# TASK OBJECTIVE
Going through the entries below, tally the lines that hold the word "over" and state the result alone.

Collected data:
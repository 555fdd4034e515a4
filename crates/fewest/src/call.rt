// The call: the fewest changes that clear a plan, or that make it no longer cleared, from plan and rules alone.
ghost use Rattle.std.specs.Prelude.{◌≡◌, length};
ghost use Rattle.formats.specs.Plan.{plan_tree};
ghost use Rattle.formats.specs.Rules.{state_count};
ghost use Rattle.formats.specs.Checks.{first_no};
ghost use Rattle.formats.specs.Refusals.{answer_number};
ghost use Rattle.formats.specs.inner.InnerChecks.{Sizes};
ghost use Rattle.allowed.specs.inner.Inputs.{CallArgs};
ghost use Rattle.fewest.specs.inner.list.Written.{FewestShown};
ghost use Rattle.fewest.specs.Answers.{wanted_mark, may_fits, fewest_room, fewest_checks, FewestTold};
ghost use Rattle.fewest.specs.inner.Marked.{PlanMarked};
ghost use Rattle.fewest.specs.inner.Parts.{parts_problem, PlanArgs};

use crate::list::shown::write_fewest;
use crate::run::root_mark;
use formats::bytes::read32;
use formats::inputs::check_rule_inputs;
use formats::layout::{LABEL_COUNT_AT, PLAN_HEAD, RULES_HEAD};
use formats::limits::CHANGE_LIMIT;
use formats::refusals::Refusal;
use formats::rules::inner_count;

// The mark that is wanted at the root: 0 for want 0, else 1.
fn wanted_mark(want: u32) -> u8
    ensures { result ≡ wanted_mark want }
{
    if want == 0 {
        return 0;
    }
    1
}

// Check 17: no sets of labels, or one for each of n nodes.
fn may_fits(m: usize, n: usize) -> bool
    ensures { result ≡ may_fits m n }
{
    if m == 0 {
        return true;
    }
    m == n
}

// Check 11: room for the rows of n nodes, and for 64 changes.
fn room_fits(n: usize, s: usize, work: usize, nodes: usize, labels: usize) -> bool
    requires { Sizes n s }
    ensures { result ≡ fewest_room n s work nodes labels }
{
    if work < n * (s + 1) {
        return false;
    }
    if nodes < CHANGE_LIMIT {
        return false;
    }
    CHANGE_LIMIT <= labels
}

// Checks 2 to 10, then 17, then 11.
#[inline(never)]
fn check_fewest(
    plan: &[u8],
    rules: &[u8],
    may: usize,
    work: usize,
    nodes: usize,
    labels: usize,
) -> Result<(), Refusal>
    ensures { answer_number result ≡ first_no (fewest_checks plan.now rules.now may work nodes labels) }
{
    check_rule_inputs(plan, rules)?;
    let n = read32(plan, 0);
    let s = read32(rules, 0);
    if !may_fits(may, n) {
        return Err(Refusal::LentLength);
    }
    if !room_fits(n, s, work, nodes, labels) {
        return Err(Refusal::BufferShort);
    }
    Ok(())
}

// The mark of the root's state in the run over the plan as it is, of a plan and rules that pass their checks. The first
// numbers of the work space are written, one for each node.
fn plan_mark(plan: &[u8], rules: &[u8], n: usize, s: usize, k: usize, work: &mut [u32]) -> u8
    requires { CallArgs plan.now rules.now n s k (length work.old) }
    ensures { PlanMarked plan.now rules.now work.old result work.new }
{
    let end = RULES_HEAD + k + inner_count(s, k);
    root_mark(
        &plan[PLAN_HEAD + n..],
        &plan[PLAN_HEAD..PLAN_HEAD + n],
        &rules[RULES_HEAD..RULES_HEAD + k],
        &rules[RULES_HEAD + k..end],
        &rules[end..],
        s,
        k,
        work,
    )
}

// The fewest changes of a plan and rules that pass their checks. Labels, kinds and states are handed on as parts.
fn write_plan(
    plan: &[u8],
    rules: &[u8],
    may: &[u64],
    n: usize,
    s: usize,
    k: usize,
    mark: u8,
    work: &mut [u32],
    nodes: &mut [u16],
    labels: &mut [u8],
    least: &mut u32,
) -> u32
    requires { PlanArgs plan.now rules.now may.now n s k (length work.old) (length nodes.old) (length labels.old) }
    ensures { FewestShown (parts_problem rules.now may.now mark) (plan_tree plan.now)
        (state_count rules.now) work.old nodes.old labels.old result work.new
        nodes.new labels.new least.new }
{
    let end = RULES_HEAD + k + inner_count(s, k);
    write_fewest(
        &plan[PLAN_HEAD + n..],
        &plan[PLAN_HEAD..PLAN_HEAD + n],
        &rules[RULES_HEAD..RULES_HEAD + k],
        &rules[RULES_HEAD + k..end],
        &rules[end..],
        may,
        s,
        k,
        mark,
        work,
        nodes,
        labels,
        least,
    )
}

// The least number of nodes that must be relabelled so that the plan is cleared (want 1) or no longer is (want 0), and
// the changes where they are at most 64. Where the plan is as wanted already, the run over it is the whole work. It
// asks 2 to 10, then 17, then 11; refused, nothing is written.
pub fn fewest_changes(
    plan: &[u8],
    rules: &[u8],
    may: &[u64],
    want: u32,
    work: &mut [u32],
    nodes: &mut [u16],
    labels: &mut [u8],
    least: &mut u32,
    count: &mut u32,
) -> Result<(), Refusal>
    ensures { FewestTold plan.now rules.now may.now want work.old nodes.old
        labels.old least.old count.old (answer_number result) work.new nodes.new
        labels.new least.new count.new }
{
    check_fewest(
        plan,
        rules,
        may.len(),
        work.len(),
        nodes.len(),
        labels.len(),
    )?;
    let n = read32(plan, 0);
    let s = read32(rules, 0);
    let k = read32(rules, LABEL_COUNT_AT);
    let mark = wanted_mark(want);
    if plan_mark(plan, rules, n, s, k, work) == mark {
        *least = 0;
        *count = 0;
        return Ok(());
    }
    let c = write_plan(plan, rules, may, n, s, k, mark, work, nodes, labels, least);
    *count = c;
    Ok(())
}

# EXERCISE SOLUTION
2